//! The laws of chains, for users.
ghost use Rattle.equation_chain.specs.Laws.{EachCertificateIsExplained, FirstFaultIsUnique, ExplainedHasNoFault};
ghost use Rattle.equation_chain.specs.Laws.{StepsAreTyped, StepsAddUp, LinesAreAChain, LinesAreTyped, LinesVanish};
ghost use Rattle.equation_chain.specs.Back.{ChainsAreReadBack, ChainsAreUnique, TextsTellChains, ExplainedIsReadable};

use category_laws::Preadditive;

/// Each certificate has a chain or a first fault.
pub fn each_certificate_is_explained()
    ensures { EachCertificateIsExplained }
{}

/// A certificate has at most one first fault, apart from want of memory.
pub fn first_fault_is_unique()
    ensures { FirstFaultIsUnique }
{}

/// A certificate that has a chain has no fault but want of memory.
pub fn explained_has_no_fault()
    ensures { ExplainedHasNoFault }
{}

/// All words of each step are paths of the claim's signature.
pub fn steps_are_typed()
    ensures { StepsAreTyped }
{}

/// The steps of an accepted certificate add up to its denominator times its claim.
pub fn steps_add_up()
    ensures { StepsAddUp }
{}

/// The lines of a chain lead from that multiple of the claim to zero, and neighbours differ by one step.
pub fn lines_are_a_chain()
    ensures { LinesAreAChain }
{}

/// Each line has the claim's signature.
pub fn lines_are_typed()
    ensures { LinesAreTyped }
{}

/// In the given category, each line is zero wherever the generators are.
pub fn lines_vanish<C: Preadditive>(category: &C)
    ensures { LinesVanish (C.structure category.now) }
{}

/// Chains that are written are read as they are, whatever texts are before and after them, where objects and maps have names of the language.
pub fn chains_are_read_back()
    ensures { ChainsAreReadBack }
{}

/// A text has at most one list of chains.
pub fn chains_are_unique()
    ensures { ChainsAreUnique }
{}

/// Two chains with the same text are the same chain.
pub fn texts_tell_chains()
    ensures { TextsTellChains }
{}

/// The chain of each explained certificate is readable.
pub fn explained_is_readable()
    ensures { ExplainedIsReadable }
{}
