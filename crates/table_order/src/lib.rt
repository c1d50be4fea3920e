// Lists of a table that stand in order: one look at each item shows that they keep the rules.
#![tactic(auto)]

ghost use Rattle.std.specs.Prelude.{◌≡◌, length};
ghost use Rattle.table_format.specs.Classes.{class_count};
ghost use Rattle.table_format.specs.Loaded.{class_cells, rows_in};
ghost use Rattle.table_format.specs.Rules.{terminals_keep, penalties_keep};
ghost use Rattle.table_format.specs.Cells.{arc_said, arcs_as};
ghost use Rattle.table_order.specs.Order.{joined_letters, joined_plain, key_by, is_below, arc_classes_hold, arcs_rise};

use table_format::{ARC_WIDTH, Arc, MOST_PENALTY, arc_at};

// Terminal states that rise are states where the last one is. The loop goes through the whole list, so that several are compared at once.
pub fn terminals_hold(list: &[u16], states: u16) -> bool
    ensures { result ≡ terminals_keep states list.now }
{
    let Some(last) = list.last() else {
        return true;
    };
    let mut rise = true;
    for k in 1..list.len() {
        if list[k] <= list[k - 1] {
            rise = false;
        }
    }
    rise && *last < states
}

// The letters of an arc as one number.
fn letters(arc: Arc) -> u32
    ensures { result ≡ joined_letters (arc_said arc) }
{
    u32::from(arc.lower) * 65536 + u32::from(arc.upper)
}

// Whether letters joined by `|` mean no class.
#[tactic(auto, unfolding(crate::specs::Order::joined_plain))]
fn joined_plain(joined: u32) -> bool
    ensures { result ≡ joined_plain joined }
{
    joined % 65536 <= 63 && joined / 65536 <= 63
}

// A number for an arc by its source and letters, which rises where arcs stand in order.
fn order_key(source: u16, letters: u32) -> u64
    ensures { result ≡ key_by source letters }
{
    u64::from(source) * 4294967296 + u64::from(letters)
}

// Whether an arc has a target that is a state and a key below `bound`.
fn is_below(states: u16, target: u16, key: u64, bound: u64) -> bool
    ensures { result ≡ is_below states bound target key }
{
    target < states && key < bound
}

// Whether each arc has no class, or a defined one on both sides.
fn arc_classes_hold(rows: &[u16], cells: &[u16]) -> bool
    requires { length rows.now ≡ class_cells }
    ensures { result ≡ arc_classes_hold (rows_in class_count rows.now) (arcs_as cells.now) }
{
    // A loop from the last arc back: `all` over the range takes an instruction more for each arc.
    for n in (0..cells.len() / ARC_WIDTH).rev() {
        if !table_classes::arc_class_holds(rows, arc_at(cells, n)) {
            return false;
        }
    }
    true
}

// Whether each arc's penalty is within its limit.
pub fn penalties_hold(cells: &[u16]) -> bool
    ensures { result ≡ penalties_keep (arcs_as cells.now) }
{
    (0..cells.len() / ARC_WIDTH).all(|n| arc_at(cells, n).penalty <= MOST_PENALTY)
}

// Whether the arcs stand in order: then they keep the rules, and none has to be looked for among those before it. The keys fall from the last
// arc back, and the first bound is above the key of each arc from a state; letters and penalties are joined, and the arcs looked at once more
// only where some letter means a class.
pub fn arcs_rise(rows: &[u16], cells: &[u16], states: u16) -> bool
    requires { length rows.now ≡ class_cells }
    ensures { result ≡ arcs_rise states (rows_in class_count rows.now) (arcs_as cells.now) }
{
    let mut bound = u64::from(states) * 4294967296;
    let mut joined: u32 = 0;
    let mut penalties: u16 = 0;
    for n in (0..cells.len() / ARC_WIDTH).rev() {
        let arc = arc_at(cells, n);
        let both = letters(arc);
        let key = order_key(arc.source, both);
        if !is_below(states, arc.target, key, bound) {
            return false;
        }
        bound = key;
        joined |= both;
        penalties |= arc.penalty;
    }
    if MOST_PENALTY < penalties {
        return false;
    }
    joined_plain(joined) || arc_classes_hold(rows, cells)
}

* WHAT IS EXPECTED
Repeat the data in its entirety, character for character.

* ANSWER FOR THE TASK
//! The laws of chains, for users.
ghost use Rattle.equation_chain.specs.Laws.{EachCertificateIsExplained, FirstFaultIsUnique, ExplainedHasNoFault};
ghost use Rattle.equation_chain.specs.Laws.{StepsAreTyped, StepsAddUp, LinesAreAChain, LinesAreTyped, LinesVanish};
ghost use Rattle.equation_chain.specs.Back.{ChainsAreReadBack, ChainsAreUnique, TextsTellChains, ExplainedIsReadable};

use category_laws::Preadditive;

/// Each certificate has a chain or a first fault.
pub fn each_certificate_is_explained()
    ensures { EachCertificateIsExplained }
{}

/// A certificate has at most one first fault, apart from want of memory.
pub fn first_fault_is_unique()
    ensures { FirstFaultIsUnique }
{}

/// A certificate that has a chain has no fault but want of memory.
pub fn explained_has_no_fault()
    ensures { ExplainedHasNoFault }
{}

/// All words of each step are paths of the claim's signature.
pub fn steps_are_typed()
    ensures { StepsAreTyped }
{}

/// The steps of an accepted certificate add up to its denominator times its claim.
pub fn steps_add_up()
    ensures { StepsAddUp }
{}

/// The lines of a chain lead from that multiple of the claim to zero, and neighbours differ by one step.
pub fn lines_are_a_chain()
    ensures { LinesAreAChain }
{}

/// Each line has the claim's signature.
pub fn lines_are_typed()
    ensures { LinesAreTyped }
{}

/// In the given category, each line is zero wherever the generators are.
pub fn lines_vanish<C: Preadditive>(category: &C)
    ensures { LinesVanish (C.structure category.now) }
{}

/// Chains that are written are read as they are, whatever texts are before and after them, where objects and maps have names of the language.
pub fn chains_are_read_back()
    ensures { ChainsAreReadBack }
{}

/// A text has at most one list of chains.
pub fn chains_are_unique()
    ensures { ChainsAreUnique }
{}

/// Two chains with the same text are the same chain.
pub fn texts_tell_chains()
    ensures { TextsTellChains }
{}

/// The chain of each explained certificate is readable.
pub fn explained_is_readable()
    ensures { ExplainedIsReadable }
{}
filename crates/table_order/src/lib.rt
repository c1d50be4fea3920e
// Lists of a table that stand in order: one look at each item shows that they keep the rules.
#![tactic(auto)]

ghost use Rattle.std.specs.Prelude.{◌≡◌, length};
ghost use Rattle.table_format.specs.Classes.{class_count};
ghost use Rattle.table_format.specs.Loaded.{class_cells, rows_in};
ghost use Rattle.table_format.specs.Rules.{terminals_keep, penalties_keep};
ghost use Rattle.table_format.specs.Cells.{arc_said, arcs_as};
ghost use Rattle.table_order.specs.Order.{joined_letters, joined_plain, key_by, is_below, arc_classes_hold, arcs_rise};

use table_format::{ARC_WIDTH, Arc, MOST_PENALTY, arc_at};

// Terminal states that rise are states where the last one is. The loop goes through the whole list, so that several are compared at once.
pub fn terminals_hold(list: &[u16], states: u16) -> bool
    ensures { result ≡ terminals_keep states list.now }
{
    let Some(last) = list.last() else {
        return true;
    };
    let mut rise = true;
    for k in 1..list.len() {
        if list[k] <= list[k - 1] {
            rise = false;
        }
    }
    rise && *last < states
}

// The letters of an arc as one number.
fn letters(arc: Arc) -> u32
    ensures { result ≡ joined_letters (arc_said arc) }
{
    u32::from(arc.lower) * 65536 + u32::from(arc.upper)
}

// Whether letters joined by `|` mean no class.
#[tactic(auto, unfolding(crate::specs::Order::joined_plain))]
fn joined_plain(joined: u32) -> bool
    ensures { result ≡ joined_plain joined }
{
    joined % 65536 <= 63 && joined / 65536 <= 63
}

// A number for an arc by its source and letters, which rises where arcs stand in order.
fn order_key(source: u16, letters: u32) -> u64
    ensures { result ≡ key_by source letters }
{
    u64::from(source) * 4294967296 + u64::from(letters)
}

// Whether an arc has a target that is a state and a key below `bound`.
fn is_below(states: u16, target: u16, key: u64, bound: u64) -> bool
    ensures { result ≡ is_below states bound target key }
{
    target < states && key < bound
}

// Whether each arc has no class, or a defined one on both sides.
fn arc_classes_hold(rows: &[u16], cells: &[u16]) -> bool
    requires { length rows.now ≡ class_cells }
    ensures { result ≡ arc_classes_hold (rows_in class_count rows.now) (arcs_as cells.now) }
{
    // A loop from the last arc back: `all` over the range takes an instruction more for each arc.
    for n in (0..cells.len() / ARC_WIDTH).rev() {
        if !table_classes::arc_class_holds(rows, arc_at(cells, n)) {
            return false;
        }
    }
    true
}

// Whether each arc's penalty is within its limit.
pub fn penalties_hold(cells: &[u16]) -> bool
    ensures { result ≡ penalties_keep (arcs_as cells.now) }
{
    (0..cells.len() / ARC_WIDTH).all(|n| arc_at(cells, n).penalty <= MOST_PENALTY)
}

// Whether the arcs stand in order: then they keep the rules, and none has to be looked for among those before it. The keys fall from the last
// arc back, and the first bound is above the key of each arc from a state; letters and penalties are joined, and the arcs looked at once more
// only where some letter means a class.
pub fn arcs_rise(rows: &[u16], cells: &[u16], states: u16) -> bool
    requires { length rows.now ≡ class_cells }
    ensures { result ≡ arcs_rise states (rows_in class_count rows.now) (arcs_as cells.now) }
{
    let mut bound = u64::from(states) * 4294967296;
    let mut joined: u32 = 0;
    let mut penalties: u16 = 0;
    for n in (0..cells.len() / ARC_WIDTH).rev() {
        let arc = arc_at(cells, n);
        let both = letters(arc);
        let key = order_key(arc.source, both);
        if !is_below(states, arc.target, key, bound) {
            return false;
        }
        bound = key;
        joined |= both;
        penalties |= arc.penalty;
    }
    if MOST_PENALTY < penalties {
        return false;
    }
    joined_plain(joined) || arc_classes_hold(rows, cells)
}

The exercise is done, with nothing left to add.